2016-05-19 / Front Page

Line-Item Veto Ignites Debate

By Tom Walsh

For Rep. Marvin L. Abney, DNewport, the newly appointed chairman of the House Finance Committee, it didn’t take long to discover that heading this pivotal panel that shepherds the annual state budget towards enactment can be quite the hot seat.

“It’s really quite a ride, let me put it that way,” said Abney a few days after presiding over a hearing on May 12 on what has emerged as a controversial proposal to ask voters in November to approve a constitutional amendment that would give the governor what’s known as “line-item” veto power over spending measures without killing the entire budget bill.

More than 100 citizens crowded into a Statehouse hearing room to either hear the debate or testify on it. Most of them were in favor of the measure, even if they had to wait several hours to say so.

Should lawmakers—and eventually state voters—approve such a measure, the governor could annually review the Assembly-approved budget and remove specific spending proposals she found to be unnecessary or troubling.

Governors in 44 states, including Massachusetts, already have this line-item veto power. Proponents maintain that giving governors this power helps to curb spending growth.

As it stands now in Rhode Island, the governor can only approve the budget, veto it entirely, or let it become law without her signature. Should this ever win approval, the General Assembly could always turn around and restore such cuts.

While Gov. Gina Raimondo supports this proposal, politically powerful House Speaker Nicholas A. Mattiello opposes the idea. Both are, like Abney, Democrats.

Mattiello has maintained that Rhode Island government works “very well” and that the current system can “get big things done.” He said this not long after Abney’s predecessor as Finance Committee chairman, Raymond Gallison of Bristol, resigned from the House having reportedly become the target of a federal investigation.

“Right now I don’t have an opinion on it either way,” Abney said. “I’ll have to look at all the ins and outs of it.” He added that if he were governor, he’d probably support the idea as well. “It’s used as a bargaining tool as much as anything else. So I get that,” Abney said.

“All of us on the Finance Committee are getting hundreds of emails on this matter,” he continued. “But I’m not getting hundreds of emails from people in my district saying they want the line item veto. But I know there are people who strongly believe that there’s an imbalance of power in Rhode Island. People are angry all across the country.”
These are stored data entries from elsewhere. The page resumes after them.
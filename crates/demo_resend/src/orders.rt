//! A log queue with one client, and a line for each thing that happens in it.

use anyhow::Result;
use arena::SlotId;
use directory::CREATION_STEPS;
use named::Broker;
use session::Session;
use std::alloc::Global;
use words::{Call, Client, Item, Kind, Outcome, Refusal, Reply, Told};

/// The queue is the broker's first one.
const ORDERS: SlotId = SlotId(0);

const CLIENT: Client = Client(0);

/// The most steps that recovery takes here.
const MOST_STEPS: u32 = 1_000;

/// A new broker with the log queue `orders`.
pub(crate) fn open(alloc: Global) -> Result<Session, Refusal> {
    let mut session = Session::open(Broker::make(alloc, 1, 4)?);
    session.create(b"orders", Kind::Log)?;
    for _ in 0..CREATION_STEPS {
        session.create_step()?;
    }
    Ok(session)
}

/// The text that a message is.
fn text(message: &Item) -> &str {
    str::from_utf8(message.bytes()).unwrap_or("no text")
}

/// A call and its number, as it is asked for.
fn asked(alloc: Global, number: u64, call: &Call) -> Result<String> {
    Ok(match call {
        Call::Enq(message) => format!(in alloc; "{number}, enqueue {}", text(message))?,
        Call::Deq => format!(in alloc; "{number}, dequeue")?,
    })
}

/// A reply.
fn replied(alloc: Global, reply: &Reply) -> Result<String> {
    Ok(match reply {
        Reply::Got(message) => format!(in alloc; "got {}", text(message))?,
        _ => format!(in alloc; "{reply}")?,
    })
}

/// What a client is told.
fn heard(alloc: Global, told: &Told) -> Result<String> {
    let Told::Verdict(verdict) = told else {
        return Ok(format!(in alloc; "{told}")?);
    };
    let outcome = match &verdict.outcome {
        Outcome::Taken(reply) => replied(alloc, reply)?,
        Outcome::NotTaken => format!(in alloc; "nottaken")?,
    };
    Ok(format!(in alloc; "{} {outcome}", verdict.number)?)
}

/// How many calls took effect.
fn effects(session: &Session) -> Result<usize, Refusal> {
    Ok(session.broker().order(ORDERS)?.entries.as_slice().len())
}

/// The client sends a number, and prints its reply, and whether anything ran for it.
pub(crate) fn send(rt: &HostRuntime, session: &mut Session, number: u64, call: Call) -> Result<()> {
    let before = effects(session)?;
    let asked = asked(rt.alloc(), number, &call)?;
    match session.request(CLIENT, ORDERS, number, call) {
        Ok(reply) => {
            let reply = replied(rt.alloc(), &reply)?;
            let kept = if effects(session)? == before {
                " (the kept reply: nothing ran)"
            } else {
                ""
            };
            println!(rt; "  the client sends {asked}: {reply}{kept}")?;
        }
        Err(refusal) => println!(rt; "  the client sends {asked}: refused, {}", refusal.name())?,
    }
    Ok(())
}

/// The same of the client by now.
fn told(alloc: Global, session: &Session) -> Result<String> {
    match session.broker().told(ORDERS, CLIENT) {
        Ok(told) => heard(alloc, &told),
        Err(refusal) => Err(refusal.into()),
    }
}

/// The client sends a number, whose call makes so many steps.
pub(crate) fn begin(
    rt: &HostRuntime,
    session: &mut Session,
    number: u64,
    call: Call,
    steps: u32,
) -> Result<()> {
    let asked = asked(rt.alloc(), number, &call)?;
    session.begin(CLIENT, ORDERS, Some(number), call)?;
    for _ in 0..steps {
        session.advance(CLIENT, ORDERS)?;
    }
    println!(rt; "  the client sends {asked}: it is under way, and has made {steps} steps")?;
    Ok(())
}

/// Everything stops, and recovers: what the client is told then.
pub(crate) fn restart(rt: &HostRuntime, session: &mut Session) -> Result<()> {
    session.crash()?;
    println!(rt; "  everything stops, and the reply is lost")?;
    for steps in 1..=MOST_STEPS {
        if session.recover_step()? {
            let told = told(rt.alloc(), session)?;
            println!(rt; "  recovery, in {steps} steps, tells the client: {told}")?;
            return Ok(());
        }
    }
    Err(Refusal::NotReady.into())
}

/// How many calls took effect, and how many messages are left.
pub(crate) fn show(rt: &HostRuntime, session: &Session) -> Result<()> {
    let effects = effects(session)?;
    let messages = session.broker().content(ORDERS)?.len();
    println!(rt; "  orders: {effects} calls took effect, {messages} messages are left")?;
    Ok(())
}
Abney added, though, that “Some states that have line-item veto power still haven’t stopped corrupt people from being corrupt.”

After hearing hours of testimony, the House Finance Committee voted neither to approve nor reject the proposed referendum. Rather, the panel voted to hold the bill for further study—a move that has often sounded a death knell for General Assembly measures over the years.

“But that doesn’t always kill it,” Abney said. “We’ve had a hearing and we’re still compiling information on the issue. That needs to be made clear. On anything we do, there’s a balance that we have to keep. We try to do our best to serve the state.”